Dalam rencana tersebut, Jawa Tengah menempatkan pengembangan pariwisata berkelanjutan berbasis ramah muslim sebagai salah satu pilar utama pertumbuhan ekonomi daerah.
"Kunjungan kami ke BPJPH bertujuan untuk menyinkronkan perencanaan tahun 2027. Kami ingin memastikan bahwa pada tahun 2027, kesadaran masyarakat dan pelaku usaha terhadap standar halal di Jawa Tengah meningkat," ujar dia.
Taj Yasin menjelaskan, berbagai langkah yang ditempuh meliputi penguatan regulasi, pendampingan kepada pelaku usaha, serta pengawasan ketat terhadap produk yang beredar guna menjamin kenyamanan wisatawan dan konsumen.
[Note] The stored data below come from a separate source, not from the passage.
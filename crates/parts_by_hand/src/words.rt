use crate::seen::number_of;
use gr_history::{Image, QueryReply, Reply, Verdict};
use gr_oql::{BaseOp, Event, QueryOp};
use gr_post::Mail;
use gr_value::Value;
use gr_vector::Report;
use std::fmt;

/// A value without fields, or with the field `x` that has this number.
#[derive(Drop)]
pub struct Number(pub Option<i64>);

impl fmt::Display for Number {
    fn fmt<W: fmt::Write>(&self, f: &mut fmt::Formatter<W>) -> fmt::Result {
        match self.0 {
            None => write!(f, "{{}}"),
            Some(number) => write!(f, "{{\"x\":{number}}}"),
        }
    }
}

fn shown(value: &Value) -> Number {
    Number(number_of(value))
}

/// Whether a query runs, if it is open.
pub fn runs_word(runs: Option<bool>) -> &'static str {
    match runs {
        None => "",
        Some(true) => "runs",
        Some(false) => "stopped",
    }
}

fn query_word(op: QueryOp) -> &'static str {
    match op {
        QueryOp::Create => "create",
        QueryOp::Update => "update",
        QueryOp::Destroy => "destroy",
    }
}

fn base_word(op: BaseOp) -> &'static str {
    match op {
        BaseOp::Create => "create",
        BaseOp::Update => "update",
        BaseOp::Destroy => "destroy",
        BaseOp::Invalidate => "invalidate",
    }
}

/// An event of the key.
#[derive(Drop)]
pub struct Happened<'a>(pub &'a Event);

impl fmt::Display for Happened<'_> {
    fn fmt<W: fmt::Write>(&self, f: &mut fmt::Formatter<W>) -> fmt::Result {
        let event = self.0;
        let (op, base) = (query_word(event.op), base_word(event.base));
        match &event.value {
            None => write!(f, " {op} {base} a -"),
            Some(value) => write!(f, " {op} {base} a {}", shown(value)),
        }
    }
}

/// What a client is told of a query.
#[derive(Drop)]
pub struct Answered<'a>(pub &'a QueryReply);

impl fmt::Display for Answered<'_> {
    fn fmt<W: fmt::Write>(&self, f: &mut fmt::Formatter<W>) -> fmt::Result {
        match self.0 {
            QueryReply::Opened(rows) => {
                write!(f, "opened {}", rows.get().len())?;
                for row in rows.get().as_slice() {
                    write!(f, " a {}", shown(&row.value))?;
                }
                Ok(())
            }
            QueryReply::Fetched(events) => {
                write!(f, "fetched {}", events.get().len())?;
                for event in events.get().as_slice() {
                    write!(f, "{}", Happened(event))?;
                }
                Ok(())
            }
            QueryReply::Stopped => write!(f, "stopped"),
            QueryReply::Closed => write!(f, "closed"),
            QueryReply::Unknown => write!(f, "unknown"),
            QueryReply::Taken => write!(f, "taken"),
            QueryReply::NotRunning => write!(f, "not-running"),
        }
    }
}

/// What comes out of an inbox.
#[derive(Drop)]
pub struct Came<'a>(pub &'a Mail);

impl fmt::Display for Came<'_> {
    fn fmt<W: fmt::Write>(&self, f: &mut fmt::Formatter<W>) -> fmt::Result {
        match self.0 {
            Mail::Change { change, .. } => {
                let stamp = &change.get().stamp;
                let (ver, member, rv) = (stamp.ver(), stamp.member(), stamp.rv());
                write!(f, "change {ver}.{member}.{rv}")
            }
            Mail::Report { report, .. } => {
                let Report { member, at, .. } = report.get();
                write!(f, "report {member} at {at}")
            }
            Mail::End => write!(f, "end"),
        }
    }
}

/// What a step answers.
#[derive(Drop)]
pub enum Answer<'a> {
    Reply(&'a Reply),
    Asked(&'a QueryReply),
    Verdict(Verdict),
    Report(&'a Report),
    Heard,
    /// How many tombstones expired.
    Expired(u64),
    /// How many changes were given.
    Own(usize),
    Image(&'a Image),
}

impl fmt::Display for Answer<'_> {
    fn fmt<W: fmt::Write>(&self, f: &mut fmt::Formatter<W>) -> fmt::Result {
        match self {
            Answer::Reply(Reply::Null) => write!(f, "null"),
            Answer::Reply(Reply::Value(value)) => write!(f, "{}", shown(value)),
            Answer::Reply(Reply::Done) => write!(f, "done"),
            Answer::Reply(_) => write!(f, "otherwise"),
            Answer::Asked(reply) => write!(f, "{}", Answered(reply)),
            Answer::Verdict(Verdict::Applied) => write!(f, "applied"),
            Answer::Verdict(Verdict::Discarded) => write!(f, "discarded"),
            Answer::Verdict(Verdict::Repeat) => write!(f, "repeat"),
            Answer::Report(report) => write!(f, "at {} own {}", report.at, report.own),
            Answer::Heard => write!(f, "heard"),
            Answer::Expired(count) => write!(f, "expired {count}"),
            Answer::Own(count) => write!(f, "own {count}"),
            Answer::Image(image) => {
                let (from, at, floor) = (image.from, image.at, image.floor);
                let rows = image.rows.get().len();
                write!(f, "image from {from} at {at} rows {rows} floor {floor}")
            }
        }
    }
}
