use crate::stop::Stop;
use gr_history::{Ask, QueryAsk};
use gr_oql::Query;
use gr_value::{Copied, Key, Memory, Value};
use std::alloc::Global;

/// The key of all calls.
pub fn one_key(alloc: Global) -> Result<Key, Stop> {
    Ok(anew!(Key::read(alloc, b"a"))?)
}

/// The name of a query.
pub fn named(alloc: Global, name: &str) -> Result<Key, Stop> {
    Ok(anew!(Key::read(alloc, name.as_bytes()))?)
}

pub fn put(alloc: Global, text: &str) -> Result<Ask, Stop> {
    let value = anew!(Value::read(alloc, text.as_bytes()))?;
    Ok(Ask::Put {
        key: one_key(alloc)?,
        value,
    })
}

pub fn destroy(alloc: Global) -> Result<Ask, Stop> {
    Ok(Ask::Destroy {
        key: one_key(alloc)?,
    })
}

pub fn open(alloc: Global, name: &str, text: &str) -> Result<QueryAsk, Stop> {
    let query = anew!(Query::parse(alloc, text))?;
    Ok(QueryAsk::Enrol {
        name: named(alloc, name)?,
        query,
    })
}

pub fn fetch(alloc: Global, name: &str) -> Result<QueryAsk, Stop> {
    Ok(QueryAsk::Fetch {
        name: named(alloc, name)?,
    })
}

pub fn stop(alloc: Global, name: &str) -> Result<QueryAsk, Stop> {
    Ok(QueryAsk::Stop {
        name: named(alloc, name)?,
    })
}

pub fn close(alloc: Global, name: &str) -> Result<QueryAsk, Stop> {
    Ok(QueryAsk::Close {
        name: named(alloc, name)?,
    })
}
Salah satu fokus utama yang dibahas dalam pertemuan tersebut adalah percepatan proses sertifikasi halal bagi pelaku Usaha Mikro, Kecil, dan Menengah (UMKM).
Gus Yasin sapaan akrabnya mengakui bahwa keterbatasan anggaran daerah kerap menjadi hambatan dalam mendorong sertifikasi halal secara luas.
Sebagai solusi, Pemprov Jawa Tengah menggagas skema kolaborasi dengan melibatkan perusahaan sebagai “orang tua asuh” bagi UMKM, yang nantinya membantu pembiayaan dan proses sertifikasi halal.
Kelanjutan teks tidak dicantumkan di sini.